Your instructions: Could you output every record below exactly as it appears?

(Records from a dataset)

------------------------------------------------------------------------

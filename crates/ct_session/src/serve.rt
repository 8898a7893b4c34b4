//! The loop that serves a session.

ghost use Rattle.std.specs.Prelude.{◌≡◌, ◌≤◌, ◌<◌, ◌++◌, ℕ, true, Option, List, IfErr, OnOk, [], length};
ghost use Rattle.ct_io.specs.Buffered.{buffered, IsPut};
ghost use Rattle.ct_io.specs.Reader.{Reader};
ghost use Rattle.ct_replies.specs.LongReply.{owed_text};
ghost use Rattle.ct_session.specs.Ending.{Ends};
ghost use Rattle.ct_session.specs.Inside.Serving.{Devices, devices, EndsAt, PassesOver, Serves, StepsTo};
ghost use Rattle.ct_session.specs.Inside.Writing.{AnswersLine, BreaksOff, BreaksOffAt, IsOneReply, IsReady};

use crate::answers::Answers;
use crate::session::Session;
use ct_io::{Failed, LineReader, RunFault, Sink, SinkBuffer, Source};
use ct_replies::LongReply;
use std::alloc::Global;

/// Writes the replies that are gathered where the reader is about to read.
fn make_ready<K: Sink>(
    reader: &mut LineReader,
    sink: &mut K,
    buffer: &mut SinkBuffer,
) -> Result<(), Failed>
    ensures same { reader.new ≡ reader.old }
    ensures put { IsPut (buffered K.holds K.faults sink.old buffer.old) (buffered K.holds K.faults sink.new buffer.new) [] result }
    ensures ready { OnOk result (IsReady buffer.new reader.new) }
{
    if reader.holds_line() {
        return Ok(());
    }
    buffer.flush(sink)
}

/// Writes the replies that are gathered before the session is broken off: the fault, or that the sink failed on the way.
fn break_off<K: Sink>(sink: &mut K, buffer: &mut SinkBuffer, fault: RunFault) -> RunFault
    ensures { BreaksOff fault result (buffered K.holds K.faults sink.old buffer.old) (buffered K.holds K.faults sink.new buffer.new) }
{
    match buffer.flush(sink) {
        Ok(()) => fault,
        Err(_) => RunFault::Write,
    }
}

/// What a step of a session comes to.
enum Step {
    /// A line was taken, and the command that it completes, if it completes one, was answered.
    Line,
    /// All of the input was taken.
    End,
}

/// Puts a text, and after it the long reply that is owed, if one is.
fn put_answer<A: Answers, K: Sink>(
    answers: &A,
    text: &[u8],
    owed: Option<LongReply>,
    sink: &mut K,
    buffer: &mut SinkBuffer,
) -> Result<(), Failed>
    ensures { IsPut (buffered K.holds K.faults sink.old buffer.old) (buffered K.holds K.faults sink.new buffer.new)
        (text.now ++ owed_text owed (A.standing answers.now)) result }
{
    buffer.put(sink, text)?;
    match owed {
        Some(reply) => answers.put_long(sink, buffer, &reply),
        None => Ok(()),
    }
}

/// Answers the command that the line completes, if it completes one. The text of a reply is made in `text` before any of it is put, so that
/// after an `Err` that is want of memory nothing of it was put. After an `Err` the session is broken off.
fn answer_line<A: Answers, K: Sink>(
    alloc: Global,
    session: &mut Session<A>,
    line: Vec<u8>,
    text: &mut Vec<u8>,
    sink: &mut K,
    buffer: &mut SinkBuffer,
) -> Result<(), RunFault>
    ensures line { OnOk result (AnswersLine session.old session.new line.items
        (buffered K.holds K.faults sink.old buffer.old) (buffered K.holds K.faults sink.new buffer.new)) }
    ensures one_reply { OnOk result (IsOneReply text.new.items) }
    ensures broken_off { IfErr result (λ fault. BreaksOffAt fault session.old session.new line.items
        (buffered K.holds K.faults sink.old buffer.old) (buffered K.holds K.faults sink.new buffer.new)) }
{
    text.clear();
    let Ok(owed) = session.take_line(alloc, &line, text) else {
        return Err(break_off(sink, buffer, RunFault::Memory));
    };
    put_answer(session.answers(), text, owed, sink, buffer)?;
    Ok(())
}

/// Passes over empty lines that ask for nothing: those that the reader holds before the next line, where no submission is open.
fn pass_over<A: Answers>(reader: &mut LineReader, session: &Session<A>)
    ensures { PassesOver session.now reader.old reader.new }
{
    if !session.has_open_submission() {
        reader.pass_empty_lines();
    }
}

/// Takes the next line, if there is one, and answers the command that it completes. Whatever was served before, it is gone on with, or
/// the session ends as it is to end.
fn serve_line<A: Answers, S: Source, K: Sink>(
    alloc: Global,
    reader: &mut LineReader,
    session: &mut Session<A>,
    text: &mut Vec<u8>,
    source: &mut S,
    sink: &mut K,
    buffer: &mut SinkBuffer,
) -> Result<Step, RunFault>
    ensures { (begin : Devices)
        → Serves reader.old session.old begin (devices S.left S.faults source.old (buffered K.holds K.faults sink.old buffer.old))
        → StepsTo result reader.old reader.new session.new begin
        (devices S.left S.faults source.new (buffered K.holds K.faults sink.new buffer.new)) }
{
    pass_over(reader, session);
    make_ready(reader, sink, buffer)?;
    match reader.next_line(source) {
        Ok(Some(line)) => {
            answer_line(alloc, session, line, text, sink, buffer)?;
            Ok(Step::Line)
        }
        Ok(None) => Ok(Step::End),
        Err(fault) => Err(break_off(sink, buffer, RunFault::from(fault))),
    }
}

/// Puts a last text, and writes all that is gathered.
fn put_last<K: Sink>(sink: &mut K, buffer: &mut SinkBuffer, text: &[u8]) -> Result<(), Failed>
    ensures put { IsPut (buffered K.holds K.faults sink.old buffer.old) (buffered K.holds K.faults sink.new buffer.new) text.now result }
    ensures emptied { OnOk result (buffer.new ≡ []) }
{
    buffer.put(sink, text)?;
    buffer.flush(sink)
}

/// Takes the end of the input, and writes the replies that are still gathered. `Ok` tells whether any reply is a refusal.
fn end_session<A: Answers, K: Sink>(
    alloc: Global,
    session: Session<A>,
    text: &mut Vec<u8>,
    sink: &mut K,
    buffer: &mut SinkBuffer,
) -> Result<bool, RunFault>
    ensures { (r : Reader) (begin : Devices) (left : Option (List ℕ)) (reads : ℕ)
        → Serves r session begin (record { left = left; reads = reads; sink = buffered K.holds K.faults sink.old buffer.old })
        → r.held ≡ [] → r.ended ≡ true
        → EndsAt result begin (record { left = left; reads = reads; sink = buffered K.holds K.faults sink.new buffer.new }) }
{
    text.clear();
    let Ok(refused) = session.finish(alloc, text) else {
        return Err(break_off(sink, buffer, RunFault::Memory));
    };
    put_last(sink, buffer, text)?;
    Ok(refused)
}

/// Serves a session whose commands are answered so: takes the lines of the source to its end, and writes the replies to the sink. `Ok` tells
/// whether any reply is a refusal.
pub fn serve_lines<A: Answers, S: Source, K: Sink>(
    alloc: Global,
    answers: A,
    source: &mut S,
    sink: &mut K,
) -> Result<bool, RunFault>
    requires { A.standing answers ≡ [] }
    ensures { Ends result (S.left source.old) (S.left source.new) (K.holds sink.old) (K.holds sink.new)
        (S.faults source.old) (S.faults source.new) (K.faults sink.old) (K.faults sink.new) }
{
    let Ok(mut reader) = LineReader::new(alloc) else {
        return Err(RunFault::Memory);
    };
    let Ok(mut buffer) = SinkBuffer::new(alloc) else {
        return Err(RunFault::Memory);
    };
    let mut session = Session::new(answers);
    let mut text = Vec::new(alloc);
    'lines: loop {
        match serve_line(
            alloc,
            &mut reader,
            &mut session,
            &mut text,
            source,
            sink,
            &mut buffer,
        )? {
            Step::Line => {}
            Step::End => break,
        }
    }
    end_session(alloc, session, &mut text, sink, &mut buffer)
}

------------------------------------------------------------------------

Written response:
filename crates/ct_session/src/serve.rt
repository 8898a7893b4c34b4
//! The loop that serves a session.

ghost use Rattle.std.specs.Prelude.{◌≡◌, ◌≤◌, ◌<◌, ◌++◌, ℕ, true, Option, List, IfErr, OnOk, [], length};
ghost use Rattle.ct_io.specs.Buffered.{buffered, IsPut};
ghost use Rattle.ct_io.specs.Reader.{Reader};
ghost use Rattle.ct_replies.specs.LongReply.{owed_text};
ghost use Rattle.ct_session.specs.Ending.{Ends};
ghost use Rattle.ct_session.specs.Inside.Serving.{Devices, devices, EndsAt, PassesOver, Serves, StepsTo};
ghost use Rattle.ct_session.specs.Inside.Writing.{AnswersLine, BreaksOff, BreaksOffAt, IsOneReply, IsReady};

use crate::answers::Answers;
use crate::session::Session;
use ct_io::{Failed, LineReader, RunFault, Sink, SinkBuffer, Source};
use ct_replies::LongReply;
use std::alloc::Global;

/// Writes the replies that are gathered where the reader is about to read.
fn make_ready<K: Sink>(
    reader: &mut LineReader,
    sink: &mut K,
    buffer: &mut SinkBuffer,
) -> Result<(), Failed>
    ensures same { reader.new ≡ reader.old }
    ensures put { IsPut (buffered K.holds K.faults sink.old buffer.old) (buffered K.holds K.faults sink.new buffer.new) [] result }
    ensures ready { OnOk result (IsReady buffer.new reader.new) }
{
    if reader.holds_line() {
        return Ok(());
    }
    buffer.flush(sink)
}

/// Writes the replies that are gathered before the session is broken off: the fault, or that the sink failed on the way.
fn break_off<K: Sink>(sink: &mut K, buffer: &mut SinkBuffer, fault: RunFault) -> RunFault
    ensures { BreaksOff fault result (buffered K.holds K.faults sink.old buffer.old) (buffered K.holds K.faults sink.new buffer.new) }
{
    match buffer.flush(sink) {
        Ok(()) => fault,
        Err(_) => RunFault::Write,
    }
}

/// What a step of a session comes to.
enum Step {
    /// A line was taken, and the command that it completes, if it completes one, was answered.
    Line,
    /// All of the input was taken.
    End,
}

/// Puts a text, and after it the long reply that is owed, if one is.
fn put_answer<A: Answers, K: Sink>(
    answers: &A,
    text: &[u8],
    owed: Option<LongReply>,
    sink: &mut K,
    buffer: &mut SinkBuffer,
) -> Result<(), Failed>
    ensures { IsPut (buffered K.holds K.faults sink.old buffer.old) (buffered K.holds K.faults sink.new buffer.new)
        (text.now ++ owed_text owed (A.standing answers.now)) result }
{
    buffer.put(sink, text)?;
    match owed {
        Some(reply) => answers.put_long(sink, buffer, &reply),
        None => Ok(()),
    }
}

/// Answers the command that the line completes, if it completes one. The text of a reply is made in `text` before any of it is put, so that
/// after an `Err` that is want of memory nothing of it was put. After an `Err` the session is broken off.
fn answer_line<A: Answers, K: Sink>(
    alloc: Global,
    session: &mut Session<A>,
    line: Vec<u8>,
    text: &mut Vec<u8>,
    sink: &mut K,
    buffer: &mut SinkBuffer,
) -> Result<(), RunFault>
    ensures line { OnOk result (AnswersLine session.old session.new line.items
        (buffered K.holds K.faults sink.old buffer.old) (buffered K.holds K.faults sink.new buffer.new)) }
    ensures one_reply { OnOk result (IsOneReply text.new.items) }
    ensures broken_off { IfErr result (λ fault. BreaksOffAt fault session.old session.new line.items
        (buffered K.holds K.faults sink.old buffer.old) (buffered K.holds K.faults sink.new buffer.new)) }
{
    text.clear();
    let Ok(owed) = session.take_line(alloc, &line, text) else {
        return Err(break_off(sink, buffer, RunFault::Memory));
    };
    put_answer(session.answers(), text, owed, sink, buffer)?;
    Ok(())
}

/// Passes over empty lines that ask for nothing: those that the reader holds before the next line, where no submission is open.
fn pass_over<A: Answers>(reader: &mut LineReader, session: &Session<A>)
    ensures { PassesOver session.now reader.old reader.new }
{
    if !session.has_open_submission() {
        reader.pass_empty_lines();
    }
}

/// Takes the next line, if there is one, and answers the command that it completes. Whatever was served before, it is gone on with, or
/// the session ends as it is to end.
fn serve_line<A: Answers, S: Source, K: Sink>(
    alloc: Global,
    reader: &mut LineReader,
    session: &mut Session<A>,
    text: &mut Vec<u8>,
    source: &mut S,
    sink: &mut K,
    buffer: &mut SinkBuffer,
) -> Result<Step, RunFault>
    ensures { (begin : Devices)
        → Serves reader.old session.old begin (devices S.left S.faults source.old (buffered K.holds K.faults sink.old buffer.old))
        → StepsTo result reader.old reader.new session.new begin
        (devices S.left S.faults source.new (buffered K.holds K.faults sink.new buffer.new)) }
{
    pass_over(reader, session);
    make_ready(reader, sink, buffer)?;
    match reader.next_line(source) {
        Ok(Some(line)) => {
            answer_line(alloc, session, line, text, sink, buffer)?;
            Ok(Step::Line)
        }
        Ok(None) => Ok(Step::End),
        Err(fault) => Err(break_off(sink, buffer, RunFault::from(fault))),
    }
}

/// Puts a last text, and writes all that is gathered.
fn put_last<K: Sink>(sink: &mut K, buffer: &mut SinkBuffer, text: &[u8]) -> Result<(), Failed>
    ensures put { IsPut (buffered K.holds K.faults sink.old buffer.old) (buffered K.holds K.faults sink.new buffer.new) text.now result }
    ensures emptied { OnOk result (buffer.new ≡ []) }
{
    buffer.put(sink, text)?;
    buffer.flush(sink)
}

/// Takes the end of the input, and writes the replies that are still gathered. `Ok` tells whether any reply is a refusal.
fn end_session<A: Answers, K: Sink>(
    alloc: Global,
    session: Session<A>,
    text: &mut Vec<u8>,
    sink: &mut K,
    buffer: &mut SinkBuffer,
) -> Result<bool, RunFault>
    ensures { (r : Reader) (begin : Devices) (left : Option (List ℕ)) (reads : ℕ)
        → Serves r session begin (record { left = left; reads = reads; sink = buffered K.holds K.faults sink.old buffer.old })
        → r.held ≡ [] → r.ended ≡ true
        → EndsAt result begin (record { left = left; reads = reads; sink = buffered K.holds K.faults sink.new buffer.new }) }
{
    text.clear();
    let Ok(refused) = session.finish(alloc, text) else {
        return Err(break_off(sink, buffer, RunFault::Memory));
    };
    put_last(sink, buffer, text)?;
    Ok(refused)
}

/// Serves a session whose commands are answered so: takes the lines of the source to its end, and writes the replies to the sink. `Ok` tells
/// whether any reply is a refusal.
pub fn serve_lines<A: Answers, S: Source, K: Sink>(
    alloc: Global,
    answers: A,
    source: &mut S,
    sink: &mut K,
) -> Result<bool, RunFault>
    requires { A.standing answers ≡ [] }
    ensures { Ends result (S.left source.old) (S.left source.new) (K.holds sink.old) (K.holds sink.new)
        (S.faults source.old) (S.faults source.new) (K.faults sink.old) (K.faults sink.new) }
{
    let Ok(mut reader) = LineReader::new(alloc) else {
        return Err(RunFault::Memory);
    };
    let Ok(mut buffer) = SinkBuffer::new(alloc) else {
        return Err(RunFault::Memory);
    };
    let mut session = Session::new(answers);
    let mut text = Vec::new(alloc);
    'lines: loop {
        match serve_line(
            alloc,
            &mut reader,
            &mut session,
            &mut text,
            source,
            sink,
            &mut buffer,
        )? {
            Step::Line => {}
            Step::End => break,
        }
    }
    end_session(alloc, session, &mut text, sink, &mut buffer)
}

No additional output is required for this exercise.